# Work task:
Work out how many lines of the listing hold "flags" and return that number by itself.

# Data section:
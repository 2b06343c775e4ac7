//! Field constructors as methods of class files.
ghost use Rattle.std.specs.Prelude.{◌≡◌, ◌+◌, ◌++◌, ◌<◌, ◌≤◌, ℕ, List, [], ◌∷◌, length, map, slice_get, Some, IfOk, OnOk, codes};
ghost use Rattle.std.specs.List.{flat_map};
ghost use Rattle.std.specs.Result.{IsErrOf};
ghost use Rattle.class_model.specs.Members.{PUBLIC};
ghost use Rattle.class_model.specs.Names.{init};
ghost use Rattle.class_model.specs.declared.class_file.Attr.TheVariants.{Code};
ghost use Rattle.class_model.specs.Pool.{Constants};
ghost use Rattle.class_model.specs.declared.header.Header.{Header};
ghost use Rattle.class_tree.specs.Headers.{Headers, Name, headers_of};
ghost use Rattle.class_tree.specs.Layouts.{own_fields};
ghost use Rattle.field_constructors.specs.Inner.FieldWords.{instance_fields_of};
ghost use Rattle.flow_code.specs.declared.reason.Reason.{Reason};
ghost use Rattle.making_code.specs.Constants.{needs_text};
ghost use Rattle.making_code.specs.ConstructorCode.{SYNTHETIC, depth_of_call, depth_of_stores};
ghost use Rattle.making_code.specs.FieldConstructor.{constructor_items, constructor_method_needs, item_needs, units_of_fields};
ghost use Rattle.constructor_methods.specs.ConstructorMethods.{HasRoomFor, HasWrittenConstructor, IsFieldConstructor};
ghost use Rattle.materialise.specs.Growing.{Grows, IsFull};
ghost use Rattle.constructor_methods.specs.Inner.ConstructorWords.{AreNames, IsHeaderOf, IsMethodOf, IsPartOf, descs_above, head_needs, units_of_descs};
ghost use Rattle.materialise.specs.MadeCode.{DescribesConstructors, IsMadeClass};
ghost use Rattle.pool_edit.specs.Edits.{Continues};

use crate::constructor_bytes::bytes_of;
use crate::constructor_code::write_constructor_code;
use crate::field_kinds::{field_kind, field_units};
use class_model::{
    ACC_PUBLIC, ACC_STATIC, Attr, CodePart, Header, INIT, ListOf, Method, NoMemory, Text, has,
};
use class_tree::{OBJECT, Place, Tree, a_tree_is_a_hierarchy};
use field_constructors::{Constructors, field_texts};
use flow_code::KeptFault;
use materialise::add_text;
use pool_edit::{PoolEdit, an_edit_goes_back_to_what_it_was};
use std::alloc::Global;

// It is in no source file (JVM Specification SE 8, 4.6).
const ACC_SYNTHETIC: u16 = 0x1000;

/// The field constructor of the class of this number in the folder, as a method of its file; what it needs is added to the pool. The
/// pool has room for 1,000 constants, and it needs at most 393. After an error constants may have been added.
///
/// # Errors
/// `NoMemory`, where memory runs out.
pub fn field_constructor(
    alloc: Global,
    tree: &Tree,
    class: usize,
    pool: &mut PoolEdit,
) -> Result<Method, NoMemory>
    requires of_folder { class < length (headers_of tree.now).folder }
    requires may { (header : Header)
        → slice_get (headers_of tree.now).folder class ≡ Some header
        → HasWrittenConstructor tree.now header }
    requires room { HasRoomFor 1000 pool.old }
    ensures method { IfOk result (IsFieldConstructor tree.now class pool.old pool.new) }
    ensures more { Continues pool.old pool.new }
{
    an_edit_goes_back_to_what_it_was();
    let constructors = Constructors::new(alloc, tree)?;
    let method = field_constructor_with(alloc, &constructors, class, pool);
    drop(constructors);
    method
}

/// As `field_constructor`, where the field constructors of the folder are found already.
///
/// # Errors
/// `NoMemory`, where memory runs out.
pub fn field_constructor_with(
    alloc: Global,
    constructors: &Constructors<'_>,
    class: usize,
    pool: &mut PoolEdit,
) -> Result<Method, NoMemory>
    requires of_folder { class < length (headers_of constructors.now).folder }
    requires may { (header : Header)
        → slice_get (headers_of constructors.now).folder class ≡ Some header
        → HasWrittenConstructor constructors.now header }
    requires room { HasRoomFor 1000 pool.old }
    ensures method { IfOk result (IsFieldConstructor constructors.now class pool.old pool.new) }
    ensures more { Continues pool.old pool.new }
{
    an_edit_goes_back_to_what_it_was();
    a_tree_is_a_hierarchy(constructors.tree());
    let Some(header) = constructors.tree().header(Place::Folder(class)) else {
        unreachable!()
    };
    match write_method(alloc, constructors, header, pool) {
        Ok(method) => Ok(method),
        Err(KeptFault::NoMemory) => Err(NoMemory),
        Err(KeptFault::Kept(_)) => unreachable!(),
    }
}

// The field constructor of a class as a method.
fn write_method(
    alloc: Global,
    constructors: &Constructors<'_>,
    header: &Header,
    pool: &mut PoolEdit,
) -> Result<Method, KeptFault>
    requires may { HasWrittenConstructor constructors.now header.now }
    requires made { IsMadeClass constructors.now header.now.name }
    requires found { IsHeaderOf (headers_of constructors.now) header.now }
    requires few { units_of_descs (descs_above (headers_of constructors.now) header.now)
        + units_of_fields (instance_fields_of header.now) ≤ 64 }
    ensures ok { IfOk result (λ method. (constructor : Name → List ℕ)
        → DescribesConstructors constructors.now constructor
        → IsMethodOf (headers_of constructors.now) constructor header.now.name
        pool.old pool.new method) }
    ensures full { (reason : Reason) (constructor : Name → List ℕ)
        → IsErrOf result (KeptFault.Kept reason)
        → DescribesConstructors constructors.now constructor
        → IsFull pool.old
        (constructor_method_needs (headers_of constructors.now) constructor header.now.name) reason }
    ensures more { Continues pool.old pool.new }
{
    an_edit_goes_back_to_what_it_was();
    let Some(desc) = constructors.of_class(alloc, &header.name)? else {
        unreachable!()
    };
    let names = add_names(alloc, &desc, pool)?;
    let above = fields_above(alloc, constructors, header)?;
    let part = code_part(alloc, constructors, header, above.as_slice(), pool)?;
    method_of(alloc, names, part)
}

// The indices of the name of a method, of its descriptor, and of the name of its attribute.
#[derive(Clone, Copy)]
struct Names {
    name: u16,
    desc: u16,
    code: u16,
}

// Adds the texts that a field constructor of this descriptor names.
fn add_names(alloc: Global, desc: &Text, pool: &mut PoolEdit) -> Result<Names, KeptFault>
    ensures ok { OnOk result (Grows pool.old (head_needs desc.now) pool.new) }
    ensures indices { IfOk result (AreNames pool.new desc.now) }
    ensures full { (reason : Reason)
        → IsErrOf result (KeptFault.Kept reason)
        → IsFull pool.old (head_needs desc.now) reason }
    ensures more { Continues pool.old pool.new }
{
    an_edit_goes_back_to_what_it_was();
    let init = Text::of_plain(alloc, INIT)?;
    let name = add_text(pool, &init)?;
    let desc = add_text(pool, desc)?;
    let text = Text::of_plain(alloc, b"Code")?;
    let code = add_text(pool, &text)?;
    Ok(Names { name, desc, code })
}

// The descriptors of the fields of the classes above.
fn fields_above(
    alloc: Global,
    constructors: &Constructors<'_>,
    header: &Header,
) -> Result<Vec<Text>, NoMemory>
    requires may { HasWrittenConstructor constructors.now header.now }
    requires found { IsHeaderOf (headers_of constructors.now) header.now }
    ensures { IfOk result
        (λ fields. fields.items ≡ descs_above (headers_of constructors.now) header.now) }
{
    match &header.super_name {
        Some(class) => field_texts(alloc, constructors.tree(), class),
        None => Ok(Vec::new(alloc)),
    }
}

// The code of a field constructor, where the fields of the classes above have these descriptors.
fn code_part(
    alloc: Global,
    constructors: &Constructors<'_>,
    header: &Header,
    above: &[Text],
    pool: &mut PoolEdit,
) -> Result<CodePart, KeptFault>
    requires may { HasWrittenConstructor constructors.now header.now }
    requires found { IsHeaderOf (headers_of constructors.now) header.now }
    requires above { above.now ≡ descs_above (headers_of constructors.now) header.now }
    requires few { units_of_descs above.now + units_of_fields (instance_fields_of header.now) ≤ 64 }
    ensures ok { IfOk result (λ part. (constructor : Name → List ℕ)
        → DescribesConstructors constructors.now constructor
        → IsPartOf (headers_of constructors.now) constructor header.now.name
        pool.old pool.new part) }
    ensures full { (reason : Reason) (constructor : Name → List ℕ)
        → IsErrOf result (KeptFault.Kept reason)
        → DescribesConstructors constructors.now constructor
        → IsFull pool.old
        (flat_map (item_needs constructor)
        (constructor_items (headers_of constructors.now) header.now.name)) reason }
    ensures more { Continues pool.old pool.new }
{
    an_edit_goes_back_to_what_it_was();
    let mut instrs = Vec::new(alloc);
    write_constructor_code(alloc, constructors, header, above, pool, &mut instrs)?;
    let code = bytes_of(alloc, instrs.as_slice())?;
    let units = field_units(above);
    let call = call_depth(header, units);
    let stores = stores_depth(header);
    Ok(CodePart {
        max_stack: if call < stores { stores } else { call },
        max_locals: 2 + units + own_units(header),
        code,
        handlers: ListOf::new(alloc),
        attrs: ListOf::new(alloc),
    })
}

// The greatest depth of the call, where the fields of the classes above take so many units.
fn call_depth(header: &Header, above: u16) -> u16
    requires { above ≤ 64 }
    ensures { (headers : Headers)
        → above ≡ units_of_descs (descs_above headers header.now)
        → result ≡ depth_of_call headers header.now.super_name }
{
    match &header.super_name {
        None => 0,
        Some(class) => {
            if class.bytes() == OBJECT {
                1
            } else {
                above + 2
            }
        }
    }
}

// The greatest depth of the stores.
fn stores_depth(header: &Header) -> u16
    ensures { result ≡ depth_of_stores (instance_fields_of header.now) }
{
    let mut depth = 0;
    for field in header.fields.as_slice() {
        if !has(field.flags, ACC_STATIC) {
            let units = 1 + field_kind(&field.desc).units();
            if depth < units {
                depth = units;
            }
        }
    }
    depth
}

// The units of the instance fields that a class declares.
fn own_units(header: &Header) -> u16
    requires { units_of_fields (instance_fields_of header.now) ≤ 64 }
    ensures { result ≡ units_of_fields (instance_fields_of header.now) }
{
    let mut units = 0;
    for field in header.fields.as_slice() {
        if !has(field.flags, ACC_STATIC) {
            units += field_kind(&field.desc).units();
        }
    }
    units
}

// The method of these names and this code.
fn method_of(alloc: Global, names: Names, part: CodePart) -> Result<Method, KeptFault>
    ensures flags { IfOk result (λ method. method.flags ≡ PUBLIC + SYNTHETIC) }
    ensures names { IfOk result
        (λ method. (method.name ≡ names.name) × (method.desc ≡ names.desc)) }
    ensures attrs { IfOk result (λ method. method.attrs ≡ Code names.code part ∷ []) }
    ensures full { (reason : Reason) → ¬ IsErrOf result (KeptFault.Kept reason) }
{
    let mut attrs = Vec::new(alloc);
    attrs.push(Attr::Code {
        name: names.code,
        part,
    })?;
    Ok(Method {
        flags: ACC_PUBLIC | ACC_SYNTHETIC,
        name: names.name,
        desc: names.desc,
        attrs: ListOf::from_vec(attrs),
    })
}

# Exercise solution:
4